Below are some records. Count the lines with "second" in them and give nothing but the total.

(Items from a dataset)
= Beginning of Section =

// Texts that pass a limit, with its count.
const LIMITED: [(&str, Quantity, u64); 5] = [
    ("snp 1\nregions 17\n", Quantity::Regions, 17),
    (
        "snp 1\nregions 1\norder 1*262144 2\n",
        Quantity::Order,
        262145,
    ),
    (
        "snp 1\nregions 1\nguest 1 opened asid 1 iv 0 key 00000000000000000000000000000000000000000000000000000000000000ff\nguest 2 opened asid 2 iv 0 key 00000000000000000000000000000000000000000000000000000000000000ff\nguest 3 opened asid 3 iv 0 key 00000000000000000000000000000000000000000000000000000000000000ff\nguest 4 opened asid 4 iv 0 key 00000000000000000000000000000000000000000000000000000000000000ff\nguest 5 opened asid 5 iv 0 key 00000000000000000000000000000000000000000000000000000000000000ff\nguest 6 opened asid 6 iv 0 key 00000000000000000000000000000000000000000000000000000000000000ff\nguest 7 opened asid 7 iv 0 key 00000000000000000000000000000000000000000000000000000000000000ff\nguest 8 opened asid 8 iv 0 key 00000000000000000000000000000000000000000000000000000000000000ff\nguest 9 opened asid 9 iv 0 key 00000000000000000000000000000000000000000000000000000000000000ff\n",
        Quantity::Guests,
        9,
    ),
    (
        "snp 1\nregions 1\nactor 1 host\nactor 2 host\nactor 3 host\nactor 4 host\nactor 5 host\nactor 6 host\nactor 7 host\nactor 8 host\nactor 9 host\nactor 10 host\nactor 11 host\nactor 12 host\nactor 13 host\nactor 14 host\nactor 15 host\nactor 16 host\nactor 17 host\nactor 18 host\nactor 19 host\nactor 20 host\nactor 21 host\nactor 22 host\nactor 23 host\nactor 24 host\nactor 25 host\nactor 26 host\nactor 27 host\nactor 28 host\nactor 29 host\nactor 30 host\nactor 31 host\nactor 32 host\nactor 33 host\n",
        Quantity::Actors,
        33,
    ),
    (
        "snp 1\nregions 1\nactor 1 host\npsmash 0 retry 255\npsmash 0 retry 255\npsmash 0 retry 255\npsmash 0 retry 255\npsmash 0 retry 255\npsmash 0 retry 255\npsmash 0 retry 255\npsmash 0 retry 255\npsmash 0 retry 255\npsmash 0 retry 255\npsmash 0 retry 255\npsmash 0 retry 255\npsmash 0 retry 255\npsmash 0 retry 255\npsmash 0 retry 255\npsmash 0 retry 255\npsmash 0 retry 255\npsmash 0 retry 255\npsmash 0 retry 255\npsmash 0 retry 255\npsmash 0 retry 255\npsmash 0 retry 255\npsmash 0 retry 255\npsmash 0 retry 255\npsmash 0 retry 255\npsmash 0 retry 255\npsmash 0 retry 255\npsmash 0 retry 255\npsmash 0 retry 255\npsmash 0 retry 255\npsmash 0 retry 255\npsmash 0 retry 255\nload 0\n",
        Quantity::Attempts,
        8193,
    ),
];

pub(crate) fn is_refused(alloc: Global, text: &str, at: u32, why: Reason) -> bool {
    match read_scenario(alloc, text.as_bytes()) {
        Err(ScenarioFault::Refused { line, reason }) => line == at && reason == why,
        _ => false,
    }
}

fn is_limited(alloc: Global, text: &str, of: Quantity, most: u64) -> bool {
    match read_scenario(alloc, text.as_bytes()) {
        Err(ScenarioFault::Limit { quantity, count }) => quantity == of && count == most,
        _ => false,
    }
}

// A text with a line of each form.
pub(crate) const WHOLE: &str =
    "snp 2\nregions 2\nguest 1 opened asid 5 iv 0 key 00000000000000000000000000000000000000000000000000000000000000ff\npage 0x3 of 1 at 7 4k invalid 1 2 0xf\npage 512 of 1 at 0xffffffe00 2m valid 4 5 6\npage 511 of 1 at 0xffffffdff 4k valid 0 0 0\nword 3 511 0xffffffffffffffff\n# actors\nactor 1 cpu 1 vmpl 3 npt 9 flat\nload 8\nstore 0xfffffffffffffff8 2\nswap 0x10 5\ncas 0x10 5 6\nxor 0x10 3\nskip 1 if ok\npvalidate 0x200000 2m 1 retry 3\nrmpadjust 0x200000 2m 3 0xf 0\nactor 2 host\nstore 0x1ffff8 0\nload 0x1ffff8\nrmpupdate 3 4k 0 0 0 0\npsmash 512 retry 2\nskip 2 if bad\nskip 8192 if value 7\nactor 3 cpu 1 vmpl 1 npt 0x1ff gcr3 0xfffffffff\nload 0\nactor 4 cpu 1 vmpl 1 npt 511 la57 1\norder 1*2 2\n\norder 7\nend\n";

// A processor whose guest tables begin at the last guest page, in the last frame of a region.
const WITH_TABLES: Role = Role::Cpu {
    guest: 1,
    vmpl: 1,
    npt: 511,
    paging: Paging::Four(0xf_ffff_ffff),
};

// One whose guest tables have five levels, from the guest's page 1 on.
const WITH_FIVE_LEVELS: Role = Role::Cpu {
    guest: 1,
    vmpl: 1,
    npt: 511,
    paging: Paging::Five(1),
};

pub(crate) fn is_whole(scenario: &Scenario) -> bool {
    let mut key = [0; 32];
    key[31] = 0xff;
    let guest = GuestSpec {
        opened: true,
        asid: 5,
        iv: 0,
        key,
    };
    let word = WordSpec {
        frame: 3,
        index: 511,
        value: u64::MAX,
    };
    let turns = [
        Turn { actor: 1, count: 2 },
        Turn { actor: 2, count: 1 },
        Turn { actor: 7, count: 1 },
    ];
    scenario.version == 2
        && scenario.regions == 2
        && scenario.guests.as_slice() == [guest].as_slice()
        && are_pages(scenario)
        && scenario.words.as_slice() == [word].as_slice()
        && scenario.order.as_slice() == turns.as_slice()
        && are_actors(scenario)
}

// A page of 2 MB at the end of memory and of its guest's pages, between two others.
fn are_pages(scenario: &Scenario) -> bool {
    let small = PageSpec {
        frame: 3,
        guest: 1,
        gpn: 7,
        size: PageSize::Small,
        valid: false,
        perms: [1, 2, 15],
    };
    let large = PageSpec {
        frame: 512,
        guest: 1,
        gpn: 0xf_ffff_fe00,
        size: PageSize::Large,
        valid: true,
        perms: [4, 5, 6],
    };
    let beside = PageSpec {
        frame: 511,
        guest: 1,
        gpn: 0xf_ffff_fdff,
        size: PageSize::Small,
        valid: true,
        perms: [0, 0, 0],
    };
    scenario.pages.as_slice() == [small, large, beside].as_slice()
}

fn are_actors(scenario: &Scenario) -> bool {
    let cpu_items = [
        once(access(8, Op::Load)),
        once(access(u64::MAX - 7, Op::Store(2))),
        once(access(16, Op::Swap(5))),
        once(compare(16, 5, 6)),
        once(access(16, Op::Xor(3))),
        once(skip(1, SkipTest::Good)),
        retried(pvalidate(0x20_0000, PageSize::Large, true), 3),
        once(rmpadjust(0x20_0000, PageSize::Large, 3, 15, false)),
    ];
    let host_items = [
        once(access(0x1f_fff8, Op::Store(0))),
        once(access(0x1f_fff8, Op::Load)),
        once(Item::Rmpupdate(FREEING)),
        retried(Item::Psmash { frame: 512 }, 2),
        once(skip(2, SkipTest::Bad)),
        once(skip(8192, SkipTest::Value(7))),
    ];
    match scenario.actors.as_slice() {
        [first, second, third, fourth] => {
            first.role == CPU
                && first.script.as_slice() == cpu_items.as_slice()
                && second.role == Role::Host
                && second.script.as_slice() == host_items.as_slice()
                && third.role == WITH_TABLES
                && third.script.as_slice() == [once(access(0, Op::Load))].as_slice()
                && fourth.role == WITH_FIVE_LEVELS
                && fourth.script.is_empty()
        }
        _ => false,
    }
}
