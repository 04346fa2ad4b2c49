// Packets from a file: a file of records, or an ADTS dump, as open HD Radio receivers write; on `ahead`, `sent_packets` and `files`. In a dump each frame is a
// header of 7 bytes, or of 9 with its check, and then a packet.
#![tactic(auto)]

pub mod next;
pub mod window;

ghost use Rattle.std.specs.Prelude.{IfOk};
ghost use Rattle.io.specs.Counts.{IsPrefixLen};

use host::{Fd, Host};
use records::Stop;
use sent_packets::Span;
use text::Line;

// Why no more packets are read: no whole record or frame is there; no frame begins, since there is no syncword, or a length below that of the header; or the
// packet has no bytes.
#[derive(Clone, Copy, Debug, PartialEq, Eq)]
pub enum Ending {
    Records(Stop),
    NoFrame,
    Empty,
}

impl From<Stop> for Ending {
    fn from(stop: Stop) -> Ending {
        Ending::Records(stop)
    }
}

impl Ending {
    // The words that say it, with an at sign for how many packets came before; none at the file's end, and none for an error, for which the system has words.
    fn words(self) -> &'static [u8] {
        match self {
            Ending::Records(Stop::End | Stop::Failed) => b"",
            Ending::Records(Stop::Cut) => b": ends inside packet @\n",
            Ending::Records(Stop::Long) => b": refused with 15: packet @ has over 4,096 bytes\n",
            Ending::NoFrame => b": no ADTS frame at packet @\n",
            Ending::Empty => b": refused with 15: packet @ has no bytes\n",
        }
    }
}

// Where packets come from: a file of records, or an ADTS dump.
#[derive(Clone, Copy, Debug)]
pub struct Source {
    pub fd: Fd,
    pub adts: bool,
}

// The bytes that tell how long a record is, or a frame.
fn head_length(adts: bool) -> usize {
    if adts { 7 } else { 2 }
}

// Where the packet of a record or a frame stands, by its first bytes.
fn span_of(head: &[u8], adts: bool) -> Result<Span, Ending> {
    let span = sent_packets::span_of(head, adts);
    if span.to == 0 {
        return Err(Ending::NoFrame);
    }
    Ok(span)
}

// How many bytes the packet of a span has.
fn size(span: Span) -> usize {
    span.to.wrapping_sub(span.from)
}

// Reads the next frame's packet to the buffer's start.
fn read_frame(host: &Host, fd: Fd, buf: &mut [u8]) -> Result<usize, Ending>
    ensures { IfOk result (λ n. IsPrefixLen n buf.new) }
{
    let mut head = [0u8; 7];
    if let Some(stop) = records::fill(host, fd, &mut head).stop {
        return Err(Ending::Records(stop));
    }
    let span = span_of(&head, true)?;
    if span.from != head.len() {
        let mut check = [0u8; 2];
        records::read_bytes(host, fd, &mut check, 2).whole()?;
    }
    Ok(records::read_bytes(host, fd, buf, size(span)).whole()?)
}

// Reads the next packet to the buffer's start. Answers its length, which is not 0.
pub fn read(host: &Host, source: Source, buf: &mut [u8]) -> Result<usize, Ending>
    ensures { IfOk result (λ n. IsPrefixLen n buf.new) }
{
    let length = if source.adts {
        read_frame(host, source.fd, buf)?
    } else {
        records::read(host, source.fd, buf).whole()?
    };
    if length == 0 {
        return Err(Ending::Empty);
    }
    Ok(length)
}

// Says why no more packets are read, after so many, which are counted from 0; nothing where the file ends after one.
pub fn say_end(host: &Host, label: &[u8], ending: Ending, read: u64) {
    match ending {
        Ending::Records(Stop::End) => {}
        Ending::Records(Stop::Failed) => host.fail(label),
        _ => {
            let mut words = Line::<80>::new();
            words.fill(ending.words(), &[read]);
            files::say(host, label, words.bytes());
        }
    }
}

// The same of a packet whose record or frame is to begin at a byte of the file, which is said too.
pub fn say_end_at(host: &Host, label: &[u8], ending: Ending, read: u64, byte: u64) {
    if let Ending::Records(Stop::End | Stop::Failed) = ending {
        say_end(host, label, ending, read);
        return;
    }
    let mut line = Line::<4800>::new();
    line.put(label);
    line.fill(b": at byte @", &[byte]);
    say_end(host, line.bytes(), ending, read);
}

= End of Section =

### COMPLETED EXERCISE
3